From f8bc2d56e93e755ce8a0d5c374717a2e8d325a50 Mon Sep 17 00:00:00 2001
From: Chen Fu <chefu@nvidia.com>
Date: Tue, 29 Jul 2025 20:25:12 +0000
Subject: [PATCH 6/6] Added initial implementation

---
 core/runtime/TRTEngine.cpp                    | 37 ++++++++++++++++---
 core/runtime/TRTEngine.h                      | 16 ++++++--
 core/runtime/execute_engine.cpp               |  6 +++
 core/runtime/register_jit_hooks.cpp           | 23 ++++++++++++
 core/runtime/runtime.h                        |  4 ++
 examples/dynamo/dynamic_memory_allocation.py  | 36 ++++++++++++++++++
 .../dynamo/runtime/_ResourceAllocator.py      | 30 +++++++++++++++
 .../dynamo/runtime/_TorchTensorRTModule.py    | 12 +++++-
 py/torch_tensorrt/dynamo/runtime/__init__.py  |  3 ++
 9 files changed, 157 insertions(+), 10 deletions(-)

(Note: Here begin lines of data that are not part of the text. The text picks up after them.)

#[test]
fn views_find_the_same_with_an_index_and_without(rt: HostRuntime) -> Result<(), Fail> {
    for seed in 0..100 {
        ensure_at(rt.alloc(), finds_right(rt.alloc(), seed)?, seed as usize)?;
    }
    Ok(())
}
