/// Decides the gaps of these items, where they are open: first those that stay as they are.
fn lay_out_in_room(
    context: &Context<'_>,
    number: u32,
    view: &View<'_>,
    made: &mut Made<'_>,
    run: &Bump,
) -> Result<(), NoMemory>
    requires ready { IsReady context.now }
    requires within { AreWithin context.now.arena.now view.now }
    requires made { IsMade context.now.arena.now made.old }
    requires room { made.old.tally.searched + length view.now < 2 ^ 60 }
    ensures told { OnOk result (AreItemsTold context.now.style.now context.now.budget context.now.arena.now number
        made.old.plan view.now made.new.plan made.old.tally made.new.tally) }
    ensures made { OnOk result (IsMade context.now.arena.now made.new) }
    ensures room { OnOk result (made.new.tally.searched ≤ made.old.tally.searched + length view.now) }
{
    let style = context.style;
    let arena = context.arena;
    let items = arena.len();
    let count = view.len();
    prove!(count <= items);
    let read = read_items(style, arena, context.classes, view, run)?;
    keep_gaps(style, arena, view, read.kept, &mut made.plan);
    let layout = ViewLayout {
        alloc: context.alloc,
        style,
        budget: context.budget,
        arena,
        view,
        classes: read.classes,
        tokens: &read.tokens,
    };
    lay_out_view(
        &layout,
        number,
        read.lines,
        &mut made.plan,
        &mut made.tally,
        run,
    )
}

/// Decides the gaps of these items, where they are open. Many items have room of their own, others this one.
fn lay_out_items(
    context: &Context<'_>,
    number: u32,
    view: &View<'_>,
    made: &mut Made<'_>,
    room: &Bump,
) -> Result<(), NoMemory>
    requires ready { IsReady context.now }
    requires within { AreWithin context.now.arena.now view.now }
    requires made { IsMade context.now.arena.now made.old }
    requires room { made.old.tally.searched + length view.now < 2 ^ 60 }
    ensures told { OnOk result (AreItemsTold context.now.style.now context.now.budget context.now.arena.now number
        made.old.plan view.now made.new.plan made.old.tally made.new.tally) }
    ensures made { OnOk result (IsMade context.now.arena.now made.new) }
    ensures room { OnOk result (made.new.tally.searched ≤ made.old.tally.searched + length view.now) }
{
    let count = view.len();
    if count < LARGE_PART {
        return lay_out_in_room(context, number, view, made, room);
    }
    let own = room_for(count, context.alloc);
    lay_out_in_room(context, number, view, made, &own)
}

/// Decides the gaps of a part of a view that begins with this item, from one place to before another, where they are
/// open. A part of which all gaps are decided, as an earlier run left it, isn't looked at. Most parts stand in a row
/// outside bodies, and their views take no memory.
fn lay_out_part(
    context: &Context<'_>,
    window: &Window<'_>,
    id: TokenId,
    inside: Option<BodyPlace<'_>>,
    first: u32,
    end: u32,
    made: &mut Made<'_>,
    segment: usize,
    room: &Bump,
) -> Result<(), NoMemory>
    requires ready { IsReady context.now }
    requires within { AreWithin context.now.arena.now window.now.view }
    requires some { first < end }
    requires inside { end ≤ length window.now.view }
    requires item { (d : ℕ) → get_or window.now.view first d ≡ id.0 }
    requires made { IsMade context.now.arena.now made.old }
    requires begun { IsBegun context.now.arena.now made.old.plan window.now.view (place_in inside) first }
    requires room { made.old.tally.searched + 67 * (end - first) < 2 ^ 60 }
    ensures told { OnOk result (AreItemsTold context.now.style.now context.now.budget context.now.arena.now
        window.now.number made.old.plan (laid_items (place_in inside.entry) window.now.view first end) made.new.plan
        made.old.tally made.new.tally) }
    ensures made { OnOk result (IsMade context.now.arena.now made.new) }
    ensures room { OnOk result (made.new.tally.searched ≤ made.old.tally.searched + 67 * (end - first)) }
{
    let arena = context.arena;
    let number = window.number;
    let view = &window.view;
    if let Some(row) = row_of_part(arena, view, id, first, end, segment) {
        if is_row_decided(&made.plan, row.first, row.end) {
            return Ok(());
        }
        if inside.is_none() {
            let segments = [row];
            let own = View::from_segments(&segments);
            return lay_out_items(context, number, &own, made, room);
        }
    } else if is_part_decided(arena, view, first, end, &made.plan, segment) {
        return Ok(());
    }
    let laid = laid_view(inside, view, first, end, room)?;
    lay_out_items(context, number, &laid, made, room)
}
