// The comparison of two terms.
ghost use Rattle.std.specs.Prelude.{◌≡◌, ◌<◌, ◌+◌, length, List, IfErr, IfOk};
ghost use Rattle.mt_layers.specs.Environments.{environment_in, EnvBelow};
ghost use Rattle.mt_layers.specs.Stops.{IsNoRefusal};
ghost use Rattle.mt_rules.specs.Answers.{Answers};
ghost use Rattle.mt_pool.specs.Region.{arms_at, branches_of, ids_of, tree_at, tree_in, trees_at, AllBelow, ArmsBelow, Below, Kept};
ghost use Rattle.mt_store.specs.Held.{store_in, StoreBelow};
ghost use Rattle.mt_rules_laws.proofs.ComparisonRules.{matches};
ghost use Rattle.mt_rules.specs.Comparison.{bodies, convert, heads, same_shapes, spines, terms};
ghost use Rattle.mt_term.specs.Trees.{Tree};

use crate::sorts::sorts_fit;
use mt_layers::{Whd, Work, copy_node};
use mt_pool::{BranchIds, Node, TermId, TermIds};
use mt_term::{Mode, OutOfMemory, Stop, deeper};
use mt_text::{Ledger, Steps};
use std::alloc::Global;

/// Whether the two are convertible in the mode. Recurses at most `depth_left` levels.
#[cycle(convert)]
#[tactic(auto, using(crate::proofs::Held::convert_held, mt_rules_laws::proofs::ComparisonRules::convert_rules))]
pub fn convert<W: Whd, L: Ledger>(
    h: &W,
    alloc: Global,
    w: &mut Work<'_>,
    mode: Mode,
    t: TermId,
    u: TermId,
    depth_left: usize,
    steps: &mut Steps<L>,
) -> Result<bool, Stop>
    requires first { t.at < length w.old.pool.now }
    requires second { u.at < length w.old.pool.now }
    requires env_held { EnvBelow (length w.old.pool.now) w.old.env.now }
    requires store_held { StoreBelow (length w.old.pool.now) w.old.store.now }
    ensures same_pool { w.new.pool.ghost_name ≡ w.old.pool.ghost_name }
    ensures env { w.new.env ≡ w.old.env }
    ensures store { w.new.store ≡ w.old.store }
    ensures kept { Kept w.old.pool.now w.new.pool.now }
    ensures outcome { Answers (λ b. b) (convert (environment_in w.old.pool.now w.old.env.now) (store_in w.old.pool.now w.old.store.now) mode (tree_at w.old.pool.now t) (tree_at w.old.pool.now u) w.old.left) w.new.left result }
    ensures unrefused { IfErr result (λ e. IsNoRefusal e) }
    ensures cost { steps.new + w.new.left ≡ steps.old + w.old.left }
{
    let depth_left = deeper(depth_left)?;
    w.charge(steps)?;
    if w.pool.alike(t, u) {
        return Ok(true);
    }
    let t = h.whd(alloc, w, t, steps)?;
    let u = h.whd(alloc, w, u, steps)?;
    same_heads_at(h, alloc, w, mode, t, u, depth_left, steps)
}

/// Whether two weak heads, by their ids, are convertible.
#[cycle(convert)]
#[tactic(auto, using(crate::proofs::Held::heads_held))]
fn same_heads_at<W: Whd, L: Ledger>(
    h: &W,
    alloc: Global,
    w: &mut Work<'_>,
    mode: Mode,
    t: TermId,
    u: TermId,
    depth_left: usize,
    steps: &mut Steps<L>,
) -> Result<bool, Stop>
    requires first { t.at < length w.old.pool.now }
    requires second { u.at < length w.old.pool.now }
    requires env_held { EnvBelow (length w.old.pool.now) w.old.env.now }
    requires store_held { StoreBelow (length w.old.pool.now) w.old.store.now }
    ensures same_pool { w.new.pool.ghost_name ≡ w.old.pool.ghost_name }
    ensures env { w.new.env ≡ w.old.env }
    ensures store { w.new.store ≡ w.old.store }
    ensures kept { Kept w.old.pool.now w.new.pool.now }
    ensures outcome { Answers (λ b. b) (heads (environment_in w.old.pool.now w.old.env.now) (store_in w.old.pool.now w.old.store.now) mode (tree_at w.old.pool.now t) (tree_at w.old.pool.now u) w.old.left) w.new.left result }
    ensures unrefused { IfErr result (λ e. IsNoRefusal e) }
    ensures cost { steps.new + w.new.left ≡ steps.old + w.old.left }
{
    let depth_left = deeper(depth_left)?;
    let head = copy_node(alloc, w.pool, t)?;
    let other = copy_node(alloc, w.pool, u)?;
    same_heads(h, alloc, w, mode, &head, &other, depth_left, steps)
}

/// Whether two weak heads are convertible.
#[cycle(convert)]
#[tactic(auto, using(crate::proofs::Held::convert_held, mt_rules_laws::proofs::ComparisonRules::heads_rules, mt_rules_laws::proofs::ComparisonApart::apart_rules))]
fn same_heads<W: Whd, L: Ledger>(
    h: &W,
    alloc: Global,
    w: &mut Work<'_>,
    mode: Mode,
    t: &Node,
    u: &Node,
    depth_left: usize,
    steps: &mut Steps<L>,
) -> Result<bool, Stop>
    requires first { Below (length w.old.pool.now) t.now }
    requires second { Below (length w.old.pool.now) u.now }
    requires env_held { EnvBelow (length w.old.pool.now) w.old.env.now }
    requires store_held { StoreBelow (length w.old.pool.now) w.old.store.now }
    ensures same_pool { w.new.pool.ghost_name ≡ w.old.pool.ghost_name }
    ensures env { w.new.env ≡ w.old.env }
    ensures store { w.new.store ≡ w.old.store }
    ensures kept { Kept w.old.pool.now w.new.pool.now }
    ensures outcome { Answers (λ b. b) (heads (environment_in w.old.pool.now w.old.env.now) (store_in w.old.pool.now w.old.store.now) mode (tree_in w.old.pool.now t.now) (tree_in w.old.pool.now u.now) w.old.left) w.new.left result }
    ensures unrefused { IfErr result (λ e. IsNoRefusal e) }
    ensures cost { steps.new + w.new.left ≡ steps.old + w.old.left }
{
    let depth_left = deeper(depth_left)?;
    match (t, u) {
        (Node::Sort(s), Node::Sort(r)) => Ok(sorts_fit(w.env, mode, s, r)),
        (Node::Prod(_, a, b), Node::Prod(_, c, d)) => {
            if !convert(h, alloc, w, Mode::Equal, *a, *c, depth_left, steps)? {
                return Ok(false);
            }
            convert(h, alloc, w, mode, *b, *d, depth_left, steps)
        }
        (Node::Lam(_, a, b), Node::Lam(_, c, d)) => {
            if !convert(h, alloc, w, Mode::Equal, *a, *c, depth_left, steps)? {
                return Ok(false);
            }
            convert(h, alloc, w, Mode::Equal, *b, *d, depth_left, steps)
        }
        (Node::Sort(_), _) => Ok(false),
        (Node::Prod(..), _) => Ok(false),
        (Node::Lam(..), _) => Ok(false),
        _ => same_spine(h, alloc, w, t, u, depth_left, steps),
    }
}

/// Whether two heads on arguments, by their ids, are the same head on convertible arguments.
#[cycle(convert)]
#[tactic(auto, using(crate::proofs::Held::spines_held))]
fn same_spine_at<W: Whd, L: Ledger>(
    h: &W,
    alloc: Global,
    w: &mut Work<'_>,
    t: TermId,
    u: TermId,
    depth_left: usize,
    steps: &mut Steps<L>,
) -> Result<bool, Stop>
    requires first { t.at < length w.old.pool.now }
    requires second { u.at < length w.old.pool.now }
    requires env_held { EnvBelow (length w.old.pool.now) w.old.env.now }
    requires store_held { StoreBelow (length w.old.pool.now) w.old.store.now }
    ensures same_pool { w.new.pool.ghost_name ≡ w.old.pool.ghost_name }
    ensures env { w.new.env ≡ w.old.env }
    ensures store { w.new.store ≡ w.old.store }
    ensures kept { Kept w.old.pool.now w.new.pool.now }
    ensures outcome { Answers (λ b. b) (spines (environment_in w.old.pool.now w.old.env.now) (store_in w.old.pool.now w.old.store.now) (tree_at w.old.pool.now t) (tree_at w.old.pool.now u) w.old.left) w.new.left result }
    ensures unrefused { IfErr result (λ e. IsNoRefusal e) }
    ensures cost { steps.new + w.new.left ≡ steps.old + w.old.left }
{
    let depth_left = deeper(depth_left)?;
    let head = copy_node(alloc, w.pool, t)?;
    let other = copy_node(alloc, w.pool, u)?;
    same_spine(h, alloc, w, &head, &other, depth_left, steps)
}

/// Whether two heads on arguments are the same head on convertible arguments.
#[cycle(convert)]
#[tactic(auto, using(crate::proofs::Held::convert_held, crate::proofs::Apart::spine_rules))]
fn same_spine<W: Whd, L: Ledger>(
    h: &W,
    alloc: Global,
    w: &mut Work<'_>,
    t: &Node,
    u: &Node,
    depth_left: usize,
    steps: &mut Steps<L>,
) -> Result<bool, Stop>
    requires first { Below (length w.old.pool.now) t.now }
    requires second { Below (length w.old.pool.now) u.now }
    requires env_held { EnvBelow (length w.old.pool.now) w.old.env.now }
    requires store_held { StoreBelow (length w.old.pool.now) w.old.store.now }
    ensures same_pool { w.new.pool.ghost_name ≡ w.old.pool.ghost_name }
    ensures env { w.new.env ≡ w.old.env }
    ensures store { w.new.store ≡ w.old.store }
    ensures kept { Kept w.old.pool.now w.new.pool.now }
    ensures outcome { Answers (λ b. b) (spines (environment_in w.old.pool.now w.old.env.now) (store_in w.old.pool.now w.old.store.now) (tree_in w.old.pool.now t.now) (tree_in w.old.pool.now u.now) w.old.left) w.new.left result }
    ensures unrefused { IfErr result (λ e. IsNoRefusal e) }
    ensures cost { steps.new + w.new.left ≡ steps.old + w.old.left }
{
    let depth_left = deeper(depth_left)?;
    match (t, u) {
        (Node::Var(i), Node::Var(j)) => Ok(*i == *j),
        (Node::Const(c), Node::Const(d)) => Ok(*c == *d),
        (Node::Ind(e), Node::Ind(d)) => Ok(*e == *d),
        (Node::Con(e, k), Node::Con(d, j)) => Ok(*e == *d && *k == *j),
        (Node::App(f, a), Node::App(g, b)) => {
            if !same_spine_at(h, alloc, w, *f, *g, depth_left, steps)? {
                return Ok(false);
            }
            convert(h, alloc, w, Mode::Equal, *a, *b, depth_left, steps)
        }
        (Node::Meta(n, s), Node::Meta(m, r)) => {
            if *n != *m {
                return Ok(false);
            }
            same_terms(h, alloc, w, s, r, depth_left, steps)
        }
        (Node::Match(e, r, c, bs), Node::Match(d, p, t, cs)) => {
            if *e != *d || !same_shapes(bs, cs, depth_left)? {
                return Ok(false);
            }
            if !convert(h, alloc, w, Mode::Equal, *r, *p, depth_left, steps)? {
                return Ok(false);
            }
            same_matched(h, alloc, w, *c, *t, bs, cs, depth_left, steps)
        }
        (Node::Var(_), _) => Ok(false),
        (Node::Const(_), _) => Ok(false),
        (Node::Ind(_), _) => Ok(false),
        (Node::Con(..), _) => Ok(false),
        (Node::App(..), _) => Ok(false),
        (Node::Meta(..), _) => Ok(false),
        (Node::Match(..), _) => Ok(false),
        (Node::Sort(_), _) => Ok(false),
        (Node::Prod(..), _) => Ok(false),
        (Node::Lam(..), _) => Ok(false),
    }
}

/// Whether the matched terms of two matches, and the bodies of their branches, are convertible.
#[cycle(convert)]
#[tactic(auto, using(crate::proofs::Held::convert_held, crate::proofs::Apart::spine_rules))]
fn same_matched<W: Whd, L: Ledger>(
    h: &W,
    alloc: Global,
    w: &mut Work<'_>,
    c: TermId,
    t: TermId,
    bs: &BranchIds,
    cs: &BranchIds,
    depth_left: usize,
    steps: &mut Steps<L>,
) -> Result<bool, Stop>
    requires first { c.at < length w.old.pool.now }
    requires second { t.at < length w.old.pool.now }
    requires first_held { ArmsBelow (length w.old.pool.now) (branches_of bs.now) }
    requires second_held { ArmsBelow (length w.old.pool.now) (branches_of cs.now) }
    requires env_held { EnvBelow (length w.old.pool.now) w.old.env.now }
    requires store_held { StoreBelow (length w.old.pool.now) w.old.store.now }
    ensures same_pool { w.new.pool.ghost_name ≡ w.old.pool.ghost_name }
    ensures env { w.new.env ≡ w.old.env }
    ensures store { w.new.store ≡ w.old.store }
    ensures kept { Kept w.old.pool.now w.new.pool.now }
    ensures outcome { Answers (λ b. b) (matches (environment_in w.old.pool.now w.old.env.now) (store_in w.old.pool.now w.old.store.now) (tree_at w.old.pool.now c) (tree_at w.old.pool.now t) (arms_at w.old.pool.now (branches_of bs.now)) (arms_at w.old.pool.now (branches_of cs.now)) w.old.left) w.new.left result }
    ensures unrefused { IfErr result (λ e. IsNoRefusal e) }
    ensures cost { steps.new + w.new.left ≡ steps.old + w.old.left }
{
    let depth_left = deeper(depth_left)?;
    if !convert(h, alloc, w, Mode::Equal, c, t, depth_left, steps)? {
        return Ok(false);
    }
    same_bodies(h, alloc, w, bs, cs, depth_left, steps)
}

 create mode 100644 examples/dynamo/dynamic_memory_allocation.py
 create mode 100644 py/torch_tensorrt/dynamo/runtime/_ResourceAllocator.py

diff --git a/core/runtime/TRTEngine.cpp b/core/runtime/TRTEngine.cpp
index 52a9b47c12..aabb40c6dd 100644
--- a/core/runtime/TRTEngine.cpp
+++ b/core/runtime/TRTEngine.cpp
@@ -61,7 +61,8 @@ TRTEngine::TRTEngine(
     const Platform& target_platform,
     bool hardware_compatible,
     bool requires_output_allocator,
-    const std::string& serialized_metadata)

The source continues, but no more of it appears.